It has been two months since Goods and Services Tax Regime (GST) was implemented in the country and comes up with the new headache. The new tax regime has replaced a dozen of central and state levies such as Value Added Tax, service and excise tax into one common levy. The new tax regime has made inter- period tax collections complex as compared to previous tax regime.
Since 2014 India has transformed to a Gross- Value Added (GVA) based accounting system for GDP and national accounts. GDP called as Gross Domestic Product can be defined as the total goods and services produced in the country whereas GVA can be calculated by deducting taxes from GDP. GVA helps to calculate changes in the total value by knowing the investment in production.
The previous tax regime (value added tax) revamped due to the implementation of Goods and Services Tax (GST) Regime, but presently it seems that GST has led to increase in taxes due to which the central statistics office (CSO) will have to depend on comparative figures to calculate the GDP over the next four quarters.
Officials, who did not want to disclose their names told Moneycontrol that the GDP growth rate figures over the coming four quarters starting from July to September 2017 might go through some major modifications, once the national accounts gets updated, resolving the issue of actual tax collection numbers.
The government is expecting that the GST collection data will be available smoothly from October onwards, once the return filing issues are solved. To compare the growth of the country after the implementation of GST statisticians still have to depend on estimations, until and unless full year indirect tax collection data is not available.
It is expected that statisticians should be able to include exact tax collection data from January-March 2017 quarter, it will still have to depend on approximate numbers to compare growth unless and until tax collection data for the entire year is available. The government is expecting that the new tax regime will be increased Tax to GDP Ratio by 12 percent over coming two years by 2020.

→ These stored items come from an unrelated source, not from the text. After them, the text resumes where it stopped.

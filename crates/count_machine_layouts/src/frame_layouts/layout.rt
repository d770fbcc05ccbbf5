//! Where the values of a function stand in a frame, by their numbers.

ghost use Rattle.std.specs.Prelude.{◌≡◌, ◌<◌, ◌+◌, ◌^◌, IfOk, OnOk};
ghost use Rattle.count_machine_layouts.specs.FrameLayouts.inner.Layouts as spec;

use count_machine_model::{Local, LocalAddress};
use sil_ast::{Exhausted, FuncId, List, Storage, ValueId};
use std::alloc::Global;

/// What a frame keeps of a value.
#[derive(Clone, Copy, Debug, PartialEq, Eq)]
pub enum Kept {
    /// So many leaves.
    Leaves(u32),
    /// The address of a place with so many leaves, or of weak or unowned storage.
    Address { size: u32, storage: Option<Storage> },
    /// Nothing: it stands for a function, which is known.
    Function(FuncId),
    /// Nothing: typing tells nothing of it.
    Nothing,
}

/// How many leaves and addresses lie before those of a value, and what is kept of it.
#[derive(Clone, Copy, Debug, PartialEq, Eq)]
pub struct Spot {
    pub at: u32,
    pub address_at: u32,
    pub kept: Kept,
}

/// The spots of a function's values, by their numbers, and how many leaves and addresses these have together.
#[derive(Drop)]
pub struct Layout {
    pub spots: List<Spot>,
    pub leaves: u32,
    pub addresses: u32,
}

/// The leaves that are kept.
fn leaves_in(kept: Kept) -> u32
    ensures { result ≡ spec.leaves_kept kept }
{
    match kept {
        Kept::Leaves(size) => size,
        Kept::Address { .. } => 0,
        Kept::Function(_) => 0,
        Kept::Nothing => 0,
    }
}

fn addresses_in(kept: Kept) -> u32
    ensures { result ≡ spec.addresses_kept kept }
{
    match kept {
        Kept::Leaves(_) => 0,
        Kept::Address { .. } => 1,
        Kept::Function(_) => 0,
        Kept::Nothing => 0,
    }
}

impl Layout {
    /// That of no values, which takes no memory.
    pub(crate) fn new(alloc: Global) -> Layout
        ensures { result ≡ spec.no_layout }
    {
        Layout {
            spots: List::new(alloc),
            leaves: 0,
            addresses: 0,
        }
    }

    /// That of no values, with memory for `count`.
    pub(crate) fn with_capacity(alloc: Global, count: usize) -> Result<Layout, Exhausted>
        ensures { IfOk result (λ layout. layout ≡ spec.no_layout) }
    {
        Ok(Layout {
            spots: List::with_capacity(alloc, count)?,
            leaves: 0,
            addresses: 0,
        })
    }

    /// One more value.
    pub(crate) fn push(&mut self, kept: Kept) -> Result<(), Exhausted>
        requires leaves { self.old.leaves + spec.leaves_kept kept < 2 ^ 32 }
        requires addresses { self.old.addresses + spec.addresses_kept kept < 2 ^ 32 }
        ensures { OnOk result (self.new ≡ spec.with_value self.old kept) }
    {
        self.spots.push(Spot {
            at: self.leaves,
            address_at: self.addresses,
            kept,
        })?;
        self.leaves += leaves_in(kept);
        self.addresses += addresses_in(kept);
        Ok(())
    }

    /// The spot of a value; behind all others, where the function hasn't got it.
    fn spot(&self, value: ValueId) -> Spot
        ensures { result ≡ spec.spot_in self.now value.0 }
    {
        match self.spots.get(value.0 as usize) {
            Some(spot) => *spot,
            None => Spot {
                at: self.leaves,
                address_at: self.addresses,
                kept: Kept::Nothing,
            },
        }
    }

    /// What is kept of a value.
    pub fn kept(&self, value: ValueId) -> Kept
        ensures { result ≡ spec.kept_in self.now value }
    {
        self.spot(value).kept
    }

    /// Where the leaves of a value stand.
    pub fn local(&self, value: ValueId) -> Local
        ensures { result ≡ spec.local_in self.now value }
    {
        let spot = self.spot(value);
        Local {
            value,
            at: spot.at,
            size: leaves_in(spot.kept),
        }
    }

    /// Where an address stands.
    pub fn address(&self, value: ValueId) -> LocalAddress
        ensures { result ≡ spec.address_in self.now value }
    {
        LocalAddress {
            value,
            at: self.spot(value).address_at,
        }
    }
}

Indirect tax collections can either increase or decrease GDP growth. In the views of CSO, Indias GDP growth was 7.1% in the year 2016-17 whereas GVA increased by 6.6 percent in the year 2016-17 which indicates that expansion is slower than that suggested by GDP numbers in the headlines.
Due to slower GVA growth rate as compared to estimated GDP in the year 2016-17, decrease in investment and consumption caused due to currency recall in the month of November-December 2016, did not come into limelight. As compared to GVA, higher GDP growth was predicted due to higher indirect tax collections in the year 2016-17.
Traders or producers can reduce tax already paid on inputs under the input tax credit system in GST, which might further complicate the GDP comparisons in the coming quarters. Although, ITC (Input Tax Credit) facility was also available in the previous tax regime, its scope has now enhanced in the new tax regime.
Recommended: List of Goods and Services Not Eligible for Input Tax Credit
According to officials whether GST will lead to inflation is still not known. Current price figures and GDP calculated after adjusting inflation as well as real GDP numbers are being provided by the CSO.
GDP deflator which is used by the statisticians to calculate national income after adjusting the prices , might change due to GST implementation which in turn led to changes in the inflation data. GDP estimate and growth predicted by statisticians play significant role in policy making and also influence the decisions taken by RBI on interest rates.